A backer of Gail’s bakeries is in advanced talks to acquire Flat Iron, one of Britain’s fastest-growing steak restaurant chains.

Sky News has learnt that McWin Capital Partners, which specialises in investments across the “food ecosystem”, has teamed up with TriSpan, another private equity investor, to buy a large stake in Flat Iron.

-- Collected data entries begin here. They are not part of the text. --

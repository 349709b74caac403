//! The cases: operations over files in memory, under one KEK or from one KEK and form to another. The
//! vectors of RFC 3394, section 4.1, and RFC 5649, section 6, in each notation, and refusals.

use super::cases::{
    Answer, Case, RAW, RAW_KEKS, WRITTEN, check, form, hex, raw, refused, rewrap, unwrap_in,
    wrap_in,
};
use super::initial_values::other;
use crate::files::Notation;
use crate::outcome::Done;
use crate::outcome::JobFault::{
    BadLength, InputFile, Integrity, KekFile, KekLength, KeyNotPlain, NewKekFile, NewKekLength,
};
use crate::what::What;
use key_files::FileFault::{self, OddDigits};
use key_wrap_core::Form::{self, Padded, Plain};

/// The KEK, the key and its text.
pub const HEX_KEK: &[u8] = b"000102030405060708090a0b0c0d0e0f\n";

pub const HEX_KEY: &[u8] = b"00112233445566778899aabbccddeeff\n";

pub const HEX_TEXT: &[u8] = b"1fa68b0a8112b447aef34bd8fb5a7b829d3e862371d2cfe5\n";

pub const RAW_KEK: &[u8] = b"\x00\x01\x02\x03\x04\x05\x06\x07\x08\x09\x0A\x0B\x0C\x0D\x0E\x0F";

pub const RAW_KEY: &[u8] = b"\x00\x11\x22\x33\x44\x55\x66\x77\x88\x99\xAA\xBB\xCC\xDD\xEE\xFF";

pub const RAW_TEXT: &[u8] = b"\x1F\xA6\x8B\x0A\x81\x12\xB4\x47\xAE\xF3\x4B\xD8\xFB\x5A\x7B\x82\
    \x9D\x3E\x86\x23\x71\xD2\xCF\xE5";

/// RFC 5649, section 6: the KEK, and the texts of 20 and of 7 octets.
pub const KEK_5649: &[u8] = b"5840df6e29b02af1ab493b705bf16ea1ae8338f4dcc176a8";

pub const OF_20: &[u8] = b"138bdeaa9b8fa7fc61f97742e72248ee5ae6ae5360d1ae6a5f54f373fa543b6a";

pub const OF_7: &[u8] = b"afbeb0f07dfbf5419200f2ccb50bb24f\n";

/// White space of each kind.
pub const BLANKS: &[u8] = b" \t\r\n\n\r\t ";

const SPACED_KEK: &[u8] = b"00 01 02 03 04 05 06 07\r\n08090A0b0C0d0E0f\r\n";

const FIFTEEN: &[u8] = b"000000000000000000000000000000";

// The text of RFC 3394, section 4.1, without its last byte; and with another last byte.
const SHORT: &[u8] = b"1fa68b0a8112b447aef34bd8fb5a7b829d3e862371d2cf";

const CHANGED: &[u8] = b"1fa68b0a8112b447aef34bd8fb5a7b829d3e862371d2cfe4";

/// The same key under the other value, as OpenSSL wraps it.
pub const OTHER_TEXT: &[u8] = b"a0f76f4b09e1f2191b8d94da2ca57adfd45ee9732992a98f\n";

pub const PLAIN_16: &[u8] = b"plain 16\n";

const NONE: &[u8] = b"none\n";

const NEITHER: Answer = Ok(Done::Neither);

const RAW_IN: [Notation; 2] = [Notation::Raw, Notation::Hex];

/// A digit is wrong at the first byte, or at the second.
pub const AT_0: FileFault = FileFault::BadDigit { at: 0 };

pub const AT_1: FileFault = FileFault::BadDigit { at: 1 };

/// The KEK of RFC 3394, section 4.3.
pub const NEW_KEK: &[u8] = b"000102030405060708090a0b0c0d0e0f101112131415161718191a1b1c1d1e1f\n";

/// The same, raw.
pub const RAW_NEW_KEK: &[u8] = b"\x00\x01\x02\x03\x04\x05\x06\x07\x08\x09\x0A\x0B\x0C\x0D\x0E\x0F\
    \x10\x11\x12\x13\x14\x15\x16\x17\x18\x19\x1A\x1B\x1C\x1D\x1E\x1F";

// The text of RFC 3394, section 4.3. It has the same key as the text of section 4.1.
pub const NEW_TEXT: &[u8] = b"64e8c3f9ce0f5ba263e9777905818a2a93c8191e7d6e8ae7\n";

const RAW_NEW_TEXT: &[u8] = b"\x64\xE8\xC3\xF9\xCE\x0F\x5B\xA2\x63\xE9\x77\x79\
    \x05\x81\x8A\x2A\x93\xC8\x19\x1E\x7D\x6E\x8A\xE7";

// The padded wrapping of that key under this KEK, by OpenSSL.
pub const NEW_PADDED: &[u8] = b"afc860015ffe2d75bedf43c444fe58f4ad9d89c4ec71e23b\n";

// The wrapping of the 7 octets of RFC 5649, section 6, under this KEK, by OpenSSL.
const NEW_OF_7: &[u8] = b"443b17837bb39348610d19202df8a1f9\n";

const RAW_KEK_FILES: [&[u8]; 3] = [RAW_KEK, RAW_NEW_KEK, HEX_TEXT];

fn wrap() -> What {
    wrap_in(form(Plain))
}

fn unwrap() -> What {
    unwrap_in(form(Plain))
}

fn plain() -> What {
    to(Plain, Plain)
}

fn to(old: Form, new: Form) -> What {
    rewrap(Some((old, new)), false)
}

fn pass(old: Form, new: Form) -> What {
    rewrap(Some((old, new)), true)
}

/// Operations under one KEK.
pub fn jobs() -> [Case<'static>; 36] {
    [
        hex(wrap(), [HEX_KEK, b"", HEX_KEY], HEX_TEXT),
        hex(unwrap(), [HEX_KEK, b"", HEX_TEXT], HEX_KEY),
        hex(wrap_in(other()), [HEX_KEK, b"", HEX_KEY], OTHER_TEXT),
        hex(unwrap_in(other()), [HEX_KEK, b"", OTHER_TEXT], HEX_KEY),
        hex(check(), [HEX_KEK, b"", HEX_TEXT], PLAIN_16),
        hex(check(), [KEK_5649, b"", OF_20], b"padded 20\n"),
        hex(check(), [KEK_5649, b"", OF_7], b"padded 7\n"),
        Case(check(), RAW_KEKS, [RAW_KEK, b"", SHORT], NEITHER, NONE),
        Case(check(), RAW_KEKS, [RAW_KEK, b"", CHANGED], NEITHER, NONE),
        Case(check(), RAW_KEKS, [RAW_KEK, b"", BLANKS], NEITHER, NONE),
        raw(check(), [RAW_KEK, b"", RAW_TEXT], PLAIN_16),
        raw(wrap(), [RAW_KEK, b"", RAW_KEY], RAW_TEXT),
        raw(unwrap(), [RAW_KEK, b"", RAW_TEXT], RAW_KEY),
        Case(wrap(), RAW_KEKS, [RAW_KEK, b"", HEX_KEY], WRITTEN, HEX_TEXT),
        Case(wrap(), RAW_IN, [HEX_KEK, b"", RAW_KEY], WRITTEN, RAW_TEXT),
        hex(wrap(), [SPACED_KEK, b"", HEX_KEY], HEX_TEXT),
        // a KEK of an illegal length, with any input
        Case(wrap(), RAW, [b"", b"", RAW_KEY], Err(KekLength), b""),
        Case(wrap(), RAW, [&[0; 15], b"", RAW_KEY], Err(KekLength), b""),
        Case(wrap(), RAW, [&[0; 17], b"", RAW_KEY], Err(KekLength), b""),
        refused(wrap(), [b"", b"", FIFTEEN], KekLength),
        refused(wrap(), [BLANKS, b"", HEX_KEY], KekLength),
        refused(unwrap(), [BLANKS, b"", HEX_TEXT], KekLength),
        refused(check(), [BLANKS, b"", HEX_TEXT], KekLength),
        // files that denote no bytes
        refused(wrap(), [b"0g", b"", HEX_KEY], KekFile(AT_1)),
        refused(wrap(), [b"012", b"", HEX_KEY], KekFile(OddDigits)),
        refused(wrap(), [HEX_KEK, b"", b"g01"], InputFile(AT_0)),
        refused(unwrap(), [HEX_KEK, b"", b"012"], InputFile(OddDigits)),
        refused(check(), [HEX_KEK, b"", b"zz"], InputFile(AT_0)),
        // inputs of an illegal length
        refused(wrap(), [HEX_KEK, b"", FIFTEEN], BadLength),
        refused(wrap(), [HEX_KEK, b"", BLANKS], BadLength),
        refused(unwrap(), [HEX_KEK, b"", BLANKS], BadLength),
        refused(wrap_in(form(Padded)), [HEX_KEK, b"", BLANKS], BadLength),
        refused(unwrap_in(form(Padded)), [HEX_KEK, b"", BLANKS], BadLength),
        // a legal length, but a wrapping in the other form, or under another initial value
        refused(unwrap(), [KEK_5649, b"", OF_20], Integrity),
        refused(unwrap_in(other()), [HEX_KEK, b"", HEX_TEXT], Integrity),
        refused(unwrap_in(form(Padded)), [HEX_KEK, b"", HEX_TEXT], Integrity),
    ]
}

/// Rewraps.
pub fn rewraps() -> [Case<'static>; 33] {
    [
        hex(plain(), [HEX_KEK, NEW_KEK, HEX_TEXT], NEW_TEXT),
        raw(plain(), [RAW_KEK, RAW_NEW_KEK, RAW_TEXT], RAW_NEW_TEXT),
        Case(plain(), RAW_KEKS, RAW_KEK_FILES, WRITTEN, NEW_TEXT),
        hex(to(Plain, Padded), [HEX_KEK, NEW_KEK, HEX_TEXT], NEW_PADDED),
        hex(to(Padded, Plain), [NEW_KEK, HEX_KEK, NEW_PADDED], HEX_TEXT),
        hex(to(Padded, Padded), [KEK_5649, NEW_KEK, OF_7], NEW_OF_7),
        // wrapped keys that are new already
        hex(pass(Plain, Plain), [HEX_KEK, NEW_KEK, HEX_TEXT], NEW_TEXT),
        hex(pass(Plain, Plain), [HEX_KEK, NEW_KEK, NEW_TEXT], NEW_TEXT),
        hex(
            pass(Plain, Padded),
            [HEX_KEK, NEW_KEK, NEW_PADDED],
            NEW_PADDED,
        ),
        hex(rewrap(None, true), [HEX_KEK, NEW_KEK, NEW_TEXT], NEW_TEXT),
        hex(rewrap(None, true), [HEX_KEK, NEW_KEK, NEW_OF_7], NEW_OF_7),
        refused(
            pass(Plain, Plain),
            [HEX_KEK, NEW_KEK, NEW_PADDED],
            Integrity,
        ),
        refused(pass(Plain, Padded), [HEX_KEK, NEW_KEK, NEW_TEXT], Integrity),
        // the length of the input is legal only in the new form
        hex(pass(Plain, Padded), [HEX_KEK, NEW_KEK, NEW_OF_7], NEW_OF_7),
        refused(pass(Plain, Plain), [HEX_KEK, NEW_KEK, NEW_OF_7], BadLength),
        // a refused KEK, with any files after it
        refused(plain(), [b"", NEW_KEK, HEX_TEXT], KekLength),
        refused(plain(), [FIFTEEN, b"0g", HEX_TEXT], KekLength),
        refused(plain(), [b"0g", b"", HEX_TEXT], KekFile(AT_1)),
        refused(plain(), [b"012", NEW_KEK, HEX_TEXT], KekFile(OddDigits)),
        refused(plain(), [HEX_KEK, b"", HEX_TEXT], NewKekLength),
        refused(plain(), [HEX_KEK, FIFTEEN, b"0g"], NewKekLength),
        refused(plain(), [HEX_KEK, b"0g", b""], NewKekFile(AT_1)),
        refused(plain(), [HEX_KEK, b"012", HEX_TEXT], NewKekFile(OddDigits)),
        // inputs that denote no bytes, or have an illegal length
        refused(plain(), [HEX_KEK, NEW_KEK, b"g01"], InputFile(AT_0)),
        refused(plain(), [HEX_KEK, NEW_KEK, b"012"], InputFile(OddDigits)),
        refused(plain(), [HEX_KEK, NEW_KEK, SHORT], BadLength),
        refused(plain(), [HEX_KEK, NEW_KEK, BLANKS], BadLength),
        // the KEKs swapped, and the forms
        refused(plain(), [NEW_KEK, HEX_KEK, HEX_TEXT], Integrity),
        refused(to(Padded, Padded), [HEX_KEK, NEW_KEK, HEX_TEXT], Integrity),
        // a key of 20 bytes has no plain wrapping; a text that is not a wrapping has no key
        refused(to(Padded, Plain), [KEK_5649, NEW_KEK, OF_20], KeyNotPlain),
        refused(pass(Padded, Plain), [KEK_5649, NEW_KEK, OF_20], KeyNotPlain),
        refused(to(Padded, Plain), [HEX_KEK, NEW_KEK, OF_20], Integrity),
        refused(to(Padded, Plain), [HEX_KEK, NEW_KEK, HEX_TEXT], Integrity),
    ]
}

Restaurant industry sources said McWin would probably take the largest economic interest in Flat Iron if the deal completes.

They added that the two buyers were in exclusive discussions, with a deal possible in approximately a month’s time.

The valuation attached to Flat Iron was unclear on Sunday.

Flat Iron launched in 2012 in London’s Shoreditch and now has roughly 20 sites open.

The chain is solidly profitable, with its latest accounts showing underlying profits of £5.7m in the year to the end of August.

It already has private equity backing in the form of Piper, a leading investor in consumer brands, which injected £10m into the business in 2017.

Flat Iron was founded by Charlie Carroll, who retains an interest in it, but the company is now run by former Byron restaurant boss Tom Byng.

Houlihan Lokey, the investment bank, has been advising Flat Iron on the process.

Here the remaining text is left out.